With Slobodan Milosevic dead and former Bosnian Serb President Radovan Karadzic on the run, the U.N. Yugoslav tribunal in The Hague is preparing to deliver its verdict on the highest-ranking remaining former politician awaiting judgment for alleged genocide in Bosnia.
The court will rule on Wednesday in the case of Momcilio Krajisnik, who was speaker of parliament in the breakaway Bosnian Serb Republic during the 1991-1995 Bosnian war, which left more than 200,000 dead on all sides.
Krajisnik, 61, has pleaded not guilty to eight charges, including genocide and plotting to commit genocide by "cleansing" parts of Bosnia of Muslims and Croats to create an ethnically pure "greater Serbia" together with Serbian President Milosevic, Karadzic, and others.

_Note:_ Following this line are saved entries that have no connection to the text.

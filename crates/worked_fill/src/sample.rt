// The order that is filled, and the asks that it meets.
ghost use Rattle.std.specs.Prelude.{◌≡◌};
ghost use Rattle.worked_fill.specs.Sample.{entered_sample, enters_sample};

use book::{Book, Fault, Resting, Side};

// The customer buys this many shares.
pub const VOLUME: u32 = 500;

fn ask(number: u32, volume: u32, limit: u32, visible: bool) -> Resting
    ensures { result ≡ record { number = number; member = 40; limit = limit; volume = volume; visible = visible } }
{
    Resting {
        number,
        member: 40,
        limit,
        volume,
        visible,
    }
}

// The asks as they came, which is not in priority order.
pub fn enter_asks<B: Book>(book: &mut B) -> Result<(), Fault>
    ensures answer { result ≡ enters_sample (B.ReadBook.asks book.old) }
    ensures asks { B.ReadBook.asks book.new ≡ entered_sample (B.ReadBook.asks book.old) }
    ensures bids { B.ReadBook.bids book.new ≡ B.ReadBook.bids book.old }
{
    book.enter(Side::Ask, ask(1, 320, 54_460, true))?;
    book.enter(Side::Ask, ask(2, 50, 54_410, false))?;
    book.enter(Side::Ask, ask(3, 170, 54_390, true))
}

Prosecutors demanded a life sentence for Krajisnik, who they said was one of a troika of Bosnian Serb leaders bearing primary political responsibility for atrocities carried out by their troops from July 1991-December 1992, including civilian slaughters, and murder, torture and rape of detainees. The defense sought acquittal.

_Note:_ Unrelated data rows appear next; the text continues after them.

// One customer's order, priced against the same few asks and filled by an executor's quote, as the programs show it.
#![tactic(auto)]

mod account;
mod figures;
mod listing;
mod lot;
mod sample;
mod worked;

pub use account::Account;
pub use figures::{Fill, NoFill};
pub use listing::Listing;
pub use lot::Lot;
pub use sample::{VOLUME, enter_asks};
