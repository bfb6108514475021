// The fill of the sample, worked by hand, and proved of the definitions by computation.
ghost use Rattle.worked_fill.specs.Worked.{WorkedFillHolds};

fn worked_fill_holds()
    ensures { WorkedFillHolds }
{}
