// A number of shares at a price, as one line shows it.
ghost use Rattle.std.specs.Prelude.{◌≡◌, Some};
ghost use Rattle.worked_fill.specs.Text.{lot_of, lot_text};

use book::Resting;
use euro::Euro;
use std::fmt;

#[derive(Clone, Copy, PartialEq, Eq, Debug)]
pub struct Lot {
    pub volume: u32,
    pub price: u64,
}

impl From<Resting> for Lot {
    ghost from_gives = { λ order lot. lot ≡ lot_of order };

    fn from(order: Resting) -> Lot {
        Lot {
            volume: order.volume,
            price: order.limit as u64,
        }
    }
}

impl fmt::Display for Lot {
    ghost output = { λ lot. Some (lot_text lot) };

    #[tactic(auto, using(crate::proofs::Lines::in_five_places))]
    fn fmt<W: fmt::Write>(&self, f: &mut fmt::Formatter<W>) -> fmt::Result {
        write!(f, "{:>5} at {}", self.volume, Euro(self.price))
    }
}
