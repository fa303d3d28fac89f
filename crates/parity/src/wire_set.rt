// A set of starting wires, bit w for wire w, and whether it is marked as flipped.
#[derive(Clone, Copy, Debug, PartialEq, Eq)]
pub struct WireSet {
    pub set: u32,
    pub marked: bool,
}
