// The main theorem: a register that is given a listing is found in the state that the program itself would have given it. Definitions and proofs; no code.
#![tactic(auto)]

The third member of the Bosnian Serb Republic's wartime presidency, Vice President Biljana Plavsic, is serving an 11-year sentence after pleading guilty in a deal with prosecutors.
Plavsic was brought from her Swedish prison cell to testify reluctantly against Krajisnik.

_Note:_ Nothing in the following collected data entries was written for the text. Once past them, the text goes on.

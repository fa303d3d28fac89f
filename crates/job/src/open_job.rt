ghost use Rattle.std.specs.Prelude.{false};
ghost use Rattle.book.specs.Histories.{History};
ghost use Rattle.store.specs.Stores.{store_book};

use store::store::Store;

mod calls;
mod opening;

// A job whose program takes gates. Its invariant is that it has a history.
#[derive(Drop)]
pub struct OpenJob {
    pub(crate) store: Store,
    ghost lived: { ∥ History (store_book false store) ∥₁ },
}
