ghost use Rattle.std.specs.Prelude.{true};
ghost use Rattle.book.specs.Histories.{History};
ghost use Rattle.store.specs.Stores.{store_book};

use store::store::Store;

mod calls;
mod entries;
mod judging;
mod listing;
mod moves;
mod runs;
mod views;

// A job whose program is closed: it is calibrated, placed, timed and judged. Its invariant is that it has a history.
#[derive(Drop)]
pub struct ClosedJob {
    pub(crate) store: Store,
    ghost lived: { ∥ History (store_book true store) ∥₁ },
}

"He was a very powerful man," she told judges in July. "I think in certain matters he even dominated the president of the republic, Karadzic."
Krajisnik testified in his own defense for weeks, arguing that he knew little or nothing of what was happening in Serb-controlled areas of Bosnia.
Milosevic died of a heart attack in March during his trial, leaving historians to decide whether he was pulling the strings from neighboring Serbia during the war, as prosecutors alleged.
The U.N. tribunal is gradually winding down operations, with its final trial to begin by 2008 though it says it will always be ready to reopen if Karadzic or the Bosnian Serb general, Ratko Mladic, are arrested.
Mladic is accused of overseeing the killing of more than 7,000 Muslim boys and men at Srebrenica, Bosnia, in July 2005, Europe's worst civilian massacre since World War II. A fugitive, he is believed to live in Serbia.
"I did not take part in the selection of Mr. Mladic in the least," Krajisnik told the three-judge panel hearing his case, reports AP.
Krajisnik's defense lawyers argued he was a small cog in the machinery of the Bosnian Serb mini-state who was not closely aligned to Karadzic, sought peace early in the conflict and did not advocate targeting people based on their ethnicity.
Before full-scale war broke out in Bosnia, Krajisnik "was genuine, sincere, active and energetic in his pursuit of the peaceful solution," Nicholas Stewart said.
"He knew if there was a war a lot of people would be killed," he said. "There is not the slightest indication Mr. Krajisnik wanted anybody to be killed because of what they were ... or who they were."